Es handelt sich um eine Web-Anwendung mit Struts und Hibernate für mySQL-DB-Anbindung, die auf einem Tomcat-Server läuft.

Selbst wenn die Anwendung im Leerlauf läuft, also nicht aufgerufen wird, erhöht sich der Gesamtspeicher permanent. Dies führt früher oder später zu einem Ausfall. Auch Garbage Collections bringen nur vorübergehenden Erfolg, danach beginnt die Speichererhöhung erneut, von einem höheren Level.

Ich hab die Anwendung mehrfach überprüft, ich  denke, dass sich darin keine eigenen memory leaks verbergen. Möglicherweise hat es etwas mit der DB-Verbindung oder mit dem Pool (C3P0) zu tun, was sonst soll da im Hintergrund ablaufen und Speicher benötigen? Hier mal meine Versionsdaten.

Java 1.5.0_08
Tomcat 5.5.18
Hibernate 3.2.5.ga
C3P0 0.9.1.2
mysql-connector 5.0.4
Commons-Logging 1.0.4
LOG4J 1.2.11
Struts 1.2.9

Kennt sich jemand mit diesem Problem aus bzw. gibt es bei den genannten Libs irgendwelche bekannten Memory Probleme?

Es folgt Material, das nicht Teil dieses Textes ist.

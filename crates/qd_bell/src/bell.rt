use std::sync::Wait;

/// The answer of a wait.
#[derive(Clone, Copy)]
pub enum Rung {
    /// Something may have come. It may be answered at any time, and leads to another round.
    Ring,
    /// The link was shut.
    Shut,
}

/// What the writing side of a link waits on. A ring is meant to wake all that wait, and a shut those of its link; no clause
/// says so.
pub trait Bell {
    ghost use Rattle.std.specs.Prelude.{ℕ, ◌≡◌};
    ghost use Rattle.qd_bell.specs.Ringing.{Rises, WaitTells, one_more};

    /// How many shuts of its link this bell has seen. The count stays at 2^64 - 1.
    ghost shuts: { Self → ℕ };

    /// How many calls of `shut` were made on this very bell. The count stays at 2^64 - 1.
    ghost made: { Self → ℕ };

    /// Waits for a ring or for the shut of the link.
    fn wait<R: Wait>(&mut self, rt: &R) -> Rung
        ensures tells { WaitTells result (shuts self.old) (shuts self.new) }
        ensures made { made self.new ≡ made self.old };

    /// Something was put.
    fn ring<R: Wait>(&mut self, rt: &R)
        ensures { (shuts self.new ≡ shuts self.old) × (made self.new ≡ made self.old) };

    /// The link is shut.
    fn shut<R: Wait>(&mut self, rt: &R)
        ensures shuts { Rises (shuts self.old) (shuts self.new) }
        ensures made { made self.new ≡ one_more (made self.old) };
}
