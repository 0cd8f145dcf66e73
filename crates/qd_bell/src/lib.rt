//! The bell: the writing sides of links wait on it, and whoever has put something rings it.
//!
//! [`Bell`] says what the answers mean. [`RealBell`] is one side's bell of a link, and all of them hang in one [`Tower`];
//! [`ListBell`] answers by a list. No contract says that a bell wakes anybody: a ring is a hint, and a side that waits for
//! ever breaks none. That nobody who waits misses the last ring is the design of the tower, and is tested.
#![tactic(auto)]

mod bell;
mod list_bell;
mod real_bell;
mod tower;

pub use bell::{Bell, Rung};
pub use list_bell::ListBell;
pub use real_bell::RealBell;
pub use tower::Tower;
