//! The crew of one desk.

ghost use Rattle.std.specs.Prelude.{◌≡◌, ◌≤◌, ◌++◌, ◌∷◌, OnOk, OnErr, IsOk, [], None, Some, false, true, length};
ghost use Rattle.std.specs.Prelude.{◌<◌, IfErr, IfOk, IfSome, MatchBool, option_to_list, vec_capacity, vec_len};
ghost use Rattle.std.specs.Option.{option_copied, option_map};
ghost use Rattle.std.specs.Map.{keys_of};
ghost use Rattle.std.specs.VecDeque.{deque_capacity, deque_len};
ghost use Rattle.pt_events.specs.History.{is_unborn};
ghost use Rattle.pt_shard.specs.ShardState.{ShardState, lives, phase_of};
ghost use Rattle.pt_desk.specs.DeskState.{GoesOn};
ghost use Rattle.pt_crew.specs.Visiting.{AreSame, AreWith, Visits, goes_behind};
ghost use Rattle.pt_crew.specs.Crews.{AreBorn, Attends, Enters, HasRoom, HasTimers, IsNextTime, IsSame, KeepsRest};
ghost use Rattle.pt_crew.specs.Crews.{KnowsDesk, CrewWorks, left};
ghost use Rattle.pt_crew.specs.Crews.{crew_size, members, queue, read_events, roles, rounds_asked, scene, time_of, waiting, was_refused};
ghost use Rattle.pt_crew.specs.Outside.{BeginsToRun, next_in_front, tells_or};
ghost use Rattle.pt_crew.specs.Stepping.{BeginsStep, EndsStep, EntersChild, IsAnswered, QueueIsLonger, Serves, first_of, is_running};
ghost use Rattle.pt_crew.specs.Parts.{Admits, AdmitsFirst, AllMarked, CanEnter, Wakes, WakesAt, PutsMember, Stops, WakesBy, is_marked};
ghost use Rattle.pt_crew.specs.Waking.{IsAwake, is_queued, timer_of};
ghost use Rattle.pt_timers.specs.Calls.{NoneDue};
ghost use Rattle.pt_crew.specs.Running.{is_idle};

use crate::front::{rests, runs, serve, sleep, tend};
use crate::hints::Hints;
use crate::outside::Outside;
use indexmap::IndexMap;
use pt_behaviour::{Behaviour, Births, Next, Role};
use pt_timers::{Timer, Timers};
use pt_workers::{Desk, Event, Fault, Pid, Turned, Work};
use std::alloc::{AllocError, Global};
use std::collections::VecDeque;
use std::mem;

/// A process of the crew. It is public since the definitions of a crew name it; no call returns one.
#[derive(Drop)]
pub struct Member<B> {
    pub(crate) behaviour: B,
    pub(crate) next: Next,
    /// Whether it is in the queue.
    queued: bool,
    /// Whether the outside was told something of it and its mailbox was empty then. It is false once the process is
    /// visited again. So an answer that it waits needs no visit.
    pub(crate) clear: bool,
    /// Its pending timer. It has one if it waits until a time and is not in the queue.
    pub(crate) timer: Option<Timer>,
}

/// What a process of the queue did when it ran. It is public since the definitions of a visit name it.
#[derive(Clone, Copy, Debug, PartialEq, Eq)]
pub enum Tended {
    /// No item matches, or it is not of the crew: it leaves the queue.
    Idle,
    /// It got an item, or `None`, and may have more to do: it joins the queue's end.
    Again,
    /// It got an item, or `None`, and waits now without an end, with an empty mailbox: it leaves the queue.
    Done,
    /// A call failed, or its timer could not start, since there was no memory or no stamp, and nothing has changed: it
    /// joins the queue's end.
    Refused,
    /// It has exited, and leaves the crew.
    Gone,
}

Welches Vorgehen und welche Programme sind für die Problemsuche hilfreich?

Über Antworten freue ich mich natürlich sehr.
Viele Grüße

Basti


----------



## Guest (9. Apr 2008)

Kann es vielleicht sein, dass du bei deinen Datenbankabfragen vergisst die Verbindung zur Datenbank wieder zu trennen?


----------



## freez (10. Apr 2008)

vielleicht hast du ne schleife in irgendeinem servlet oder einer Bean, wo ständig neue Objekte erstellt werden?


----------



## maki (11. Apr 2008)

Ist es jetzt schon Zeit, danach zu fragen was der Profiler dazu sagt? 

Lambda Probe kann helfen denn Speicher der einzelnen Sessions zu ermitteln falls das Problem in den JSPs/Servlets ist.


----------